§ Task brief
Your answer should be the lines from the start of the records through the line with "which can't go.", copied word for word.

§ Records contained in a dataset

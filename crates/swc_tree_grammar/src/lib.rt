//! The grammar of the syntax tree: the definitions on which the fixer and its passes rest.
//!
//! They stand in `specs/`:
//!
//! - `Shapes` names the shapes of nodes, `Kinds` tests of what kind a node is.
//! - `Stripped` says what is left of a tree without parentheses and idle expressions, `Blocks` which branches get
//!   a block, `Targets` which assignment targets may stand bare, `Places` where parentheses may go; `Spans` which field says
//!   where a node stands.
//! - `Pairs` says which comments move where parentheses are taken off.
//! - `Levels`, `Demands`, `Starts` and `Forms` say how tightly an expression binds, what a place asks of it, what it
//!   begins with, and which statement may stand where; `Grammar` says which trees ECMA-262 derives, `Writable` which
//!   it would derive with parentheses where they are due.
//! - `Normal` and `Same` say what a program is but for how it is written and what its names are.
//! - `Due` says which pairs a stripped tree gets, `Readers` which of them are for a reader, `Needed` which can't go.
//! - `Fixed` says where pairs that are set again stand and which comments move then, `Spanless` when trees are the
//!   same but for spans.
#![tactic(auto)]

mod pairs;
mod span;

pub use pairs::Pair;
pub use span::span_of;
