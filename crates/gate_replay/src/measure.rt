//! What is measured: JSON read and written by the kit's library alone, and a tree read and written, named or renamed.
//!
//! Standard input is JSON, or an envelope of a script. `json` reads and writes it by the library, `write` as a tree; `name`
//! also makes a map from each id to a new text, and `rename` renames by it.
use crate::texts::text_each;
use anyhow::{Result, bail};
use jsbase_reader::read_bytes;
use jsbase_writer::write_envelope;
use serde_json::Value;
use std::alloc::Global;
use std::io::{Read, Write};
use swc_base_rename_substitution::{Config, Names, substitute};
use swc_tree_node::{Class, Node};

fn json(alloc: Global, input: &[u8]) -> Result<String> {
    let value = Value::from_slice(alloc, input)?;
    Ok(value.to_string(alloc)?)
}

fn renamed(alloc: Global, word: &str, tree: Node) -> Result<Node> {
    if word == "write" {
        return Ok(tree);
    }
    let texts = text_each(alloc, tree.children())?;
    if word == "name" {
        return Ok(tree);
    }
    Ok(substitute(alloc, &Names::Texts(&texts), &Config::default(), tree)?)
}

fn tree(alloc: Global, word: &str, input: &[u8]) -> Result<String> {
    let Ok(envelope) = read_bytes(alloc, Class::Script, input) else {
        bail!("standard input is no envelope of a script, or memory was refused");
    };
    let tree = renamed(alloc, word, envelope.tree)?;
    let (top, unresolved) = (envelope.top, envelope.unresolved);
    Ok(write_envelope(alloc, &envelope.globals, top, &tree, unresolved)?)
}

/// Does what a word asks with standard input.
pub fn serve(rt: &HostRuntime, word: &str) -> Result<()> {
    let alloc = rt.alloc();
    let mut input = Vec::new(alloc);
    rt.stdin().read_to_end(&mut input)?;
    let text = match word {
        "json" => json(alloc, input.as_slice())?,
        "write" | "name" | "rename" => tree(alloc, word, input.as_slice())?,
        _ => bail!("usage: gate_replay [json|write|name|rename|refuse jsbase|pass|WORK WORD..]"),
    };
    rt.stdout().write_all(text.as_bytes())?;
    Ok(())
}
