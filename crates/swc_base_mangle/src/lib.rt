//! Programs whose names are made short.
//!
//! `mangle_program` gives the ids of a program short texts and clears its contexts; `specs/Mangled.antt` says what it answers, on top of
//! the definitions of `swc_base_rename_program`. Names of the program's scope (`own`) stay if they are to, and a script with strays
//! (`strays`) keeps all its names.
#![tactic(auto)]

mod mangle;
mod own;
mod strays;

pub use mangle::mangle_program;
pub use own::own_ids;
pub use strays::has_strays;

// Libraries below that crates above name through this one.
pub use swc_base_rename_program;
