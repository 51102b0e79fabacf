//! Programs with short names.
ghost use Rattle.std.specs.Prelude.{◌≡◌, ◌&&◌, ◌⊎◌, IfOk, IfErr};
ghost use Rattle.swc_tree_marks.specs.declared.error.PassError.TheVariants as error;
ghost use Rattle.swc_base_rename_naming.specs.Ids.{HasJust};
ghost use Rattle.swc_base_rename_substitution.specs.Room.{FitsAs};
ghost use Rattle.swc_base_mangle.specs.Mangled.{IsByUseRefusal, IsMangleRefusal, IsMangled, IsRenamedByUse, IsShortened};
ghost use Rattle.swc_base_mangle.specs.Own.{is_own};

use crate::own::own_ids;
use crate::strays::has_strays;
use std::alloc::Global;
use std::collections::HashSet;
use swc_base_rename_analysis::analyse;
use swc_base_rename_by_use::texts_of_program;
use swc_base_rename_program::{Mode, Renamer, rename_read};
use swc_base_rename_substitution::{Config, clear_contexts};
use swc_tree_marks::{Globals, Id, Mark, NoMemory, PassError};
use swc_tree_node::Node;

// The ids that keep their texts.
fn preserved_ids(
    alloc: Global,
    keeps_top: bool,
    top: Mark,
    tree: &Node,
) -> Result<HashSet<Id>, NoMemory>
    ensures { IfOk result (HasJust (λ x. keeps_top && is_own top tree.now x)) }
{
    if keeps_top {
        own_ids(alloc, top, tree)
    } else {
        Ok(HashSet::new(alloc))
    }
}

// A program with short names, whatever it is.
fn rename_short(
    alloc: Global,
    config: &Config,
    globals: &Globals,
    keeps_top: bool,
    tree: Node,
) -> Result<Node, PassError>
    ensures renamed { IfOk result (IsRenamedByUse globals.now config.now keeps_top tree) }
    ensures refused { IfErr result (λ e. (e ≡ error.NoMemory) ⊎ IsByUseRefusal globals.now config.now keeps_top tree e) }
    ensures fits { IfOk result (FitsAs tree) }
{
    let mode = Mode {
        mangles: false,
        resets: true,
    };
    let preserved = preserved_ids(alloc, keeps_top, config.top_level_mark, &tree)?;
    let analysis = analyse(alloc, &tree)?;
    let texts = texts_of_program(alloc, &preserved, &analysis, &tree)?;
    let renamer = Renamer {
        texts: &texts,
        mode,
        preserved: &preserved,
        config,
    };
    let tree = rename_read(alloc, &renamer, globals, &analysis, tree)?;
    Ok(tree)
}

// A program with short names, unless it has strays.
fn shorten_program(
    alloc: Global,
    config: &Config,
    globals: &Globals,
    keeps_top: bool,
    tree: Node,
) -> Result<Node, PassError>
    ensures named { IfOk result (IsShortened globals.now config.now keeps_top tree) }
    ensures refused { IfErr result (IsMangleRefusal globals.now config.now keeps_top tree) }
    ensures fits { IfOk result (FitsAs tree) }
{
    let keeps_all = has_strays(alloc, &tree)?;
    if keeps_all {
        return Ok(tree);
    }
    let given = rename_short(alloc, config, globals, keeps_top, tree)?;
    Ok(given)
}

/// A program whose ids have short texts, `a` to `z` and so on, where texts alone tell names apart, and no context. The ids that are used
/// most get the shortest that they can share (`texts_of_program`), and where such a text isn't free the first that is; with `keeps_top` ids
/// that have just the top mark keep theirs, which are the names of the program's scope. Where something reads names those that it may read
/// stay, as `rename_program` has it.
///
/// A script that has strays keeps all its names: a plain function in a block of sloppy code, or `undefined`, `NaN` or `Infinity` as a
/// name of the program.
///
/// # Errors
///
/// `CounterSpent` where for an id no counter below the greatest `usize` gives a free text, and `NoMemory`. The tree is then dropped.
pub fn mangle_program(
    alloc: Global,
    config: &Config,
    globals: &Globals,
    keeps_top: bool,
    tree: Node,
) -> Result<Node, PassError>
    ensures mangled { IfOk result (IsMangled globals.now config.now keeps_top tree) }
    ensures refused { IfErr result (IsMangleRefusal globals.now config.now keeps_top tree) }
    ensures fits { IfOk result (FitsAs tree) }
{
    let given = shorten_program(alloc, config, globals, keeps_top, tree)?;
    Ok(clear_contexts(alloc, given))
}
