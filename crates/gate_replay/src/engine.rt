//! Rows of `jsbase`: what the program writes on an input.
use anyhow::Result;
use jsbase_engine::{Command, Fault, Kind, ServeFault, report, run, serve, words};
use std::alloc::{AllocError, Global};
use std::fmt::Write;

/// The words of a line.
pub fn split(alloc: Global, line: &str) -> Result<Vec<String>, AllocError> {
    let mut words = Vec::new(alloc);
    for word in line.split_whitespace() {
        words.push(String::from_str(alloc, word)?)?;
    }
    Ok(words)
}

/// Adds what the program writes on arguments and an input.
pub fn run_words(
    alloc: Global,
    arguments: &[String],
    mut input: &[u8],
    output: &mut Vec<u8>,
) -> Result<(), ServeFault> {
    let (command, kind) = words(arguments)?;
    serve(alloc, command, kind, &mut input, output)
}

/// The one line that the program writes on arguments in one line, to standard output or as a fault. There is none where no line
/// feed ends it.
pub fn written(alloc: Global, arguments: &str, input: &str) -> Result<Option<String>> {
    let words = split(alloc, arguments)?;
    let mut output = Vec::new(alloc);
    if let Err(fault) = run_words(alloc, words.as_slice(), input.as_bytes(), &mut output) {
        let _status = report(&fault, &mut output);
    }
    let mut line = String::from_utf8(output)?;
    if line.pop() != Some('\n') {
        return Ok(None);
    }
    Ok(Some(line))
}

/// The status of the program on arguments in one line.
pub fn status(alloc: Global, arguments: &str, input: &str) -> Result<String> {
    let words = split(alloc, arguments)?;
    let mut output = Vec::new(alloc);
    let status = match run_words(alloc, words.as_slice(), input.as_bytes(), &mut output) {
        Ok(()) => 0,
        Err(fault) => report(&fault, &mut output),
    };
    Ok(format!(in alloc; "{status}")?)
}

// Whether bytes are refused as no tree at all.
fn is_no_tree(alloc: Global, input: &[u8]) -> bool {
    matches!(
        &run(alloc, Command::Resolve, Kind::Module, input),
        Err(Fault::NotATree(path)) if path.as_str() == "$"
    )
}

/// How many proper beginnings of a text are no tree, and whether bytes are none that are no UTF-8.
pub fn beginnings(alloc: Global, input: &str) -> Result<String> {
    let text = input.as_bytes();
    let mut count = 0u32;
    for end in 0..text.len() {
        if is_no_tree(alloc, &text[..end]) {
            count = count.saturating_add(1);
        }
    }
    let bytes = is_no_tree(alloc, &[0xff]);
    Ok(format!(in alloc; "{count} {bytes}")?)
}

§ Written response
filename crates/swc_tree_grammar/src/lib.rt
//! The grammar of the syntax tree: the definitions on which the fixer and its passes rest.
//!
//! They stand in `specs/`:
//!
//! - `Shapes` names the shapes of nodes, `Kinds` tests of what kind a node is.
//! - `Stripped` says what is left of a tree without parentheses and idle expressions, `Blocks` which branches get
//!   a block, `Targets` which assignment targets may stand bare, `Places` where parentheses may go; `Spans` which field says
//!   where a node stands.
//! - `Pairs` says which comments move where parentheses are taken off.
//! - `Levels`, `Demands`, `Starts` and `Forms` say how tightly an expression binds, what a place asks of it, what it
//!   begins with, and which statement may stand where; `Grammar` says which trees ECMA-262 derives, `Writable` which
//!   it would derive with parentheses where they are due.
//! - `Normal` and `Same` say what a program is but for how it is written and what its names are.
//! - `Due` says which pairs a stripped tree gets, `Readers` which of them are for a reader, `Needed` which can't go.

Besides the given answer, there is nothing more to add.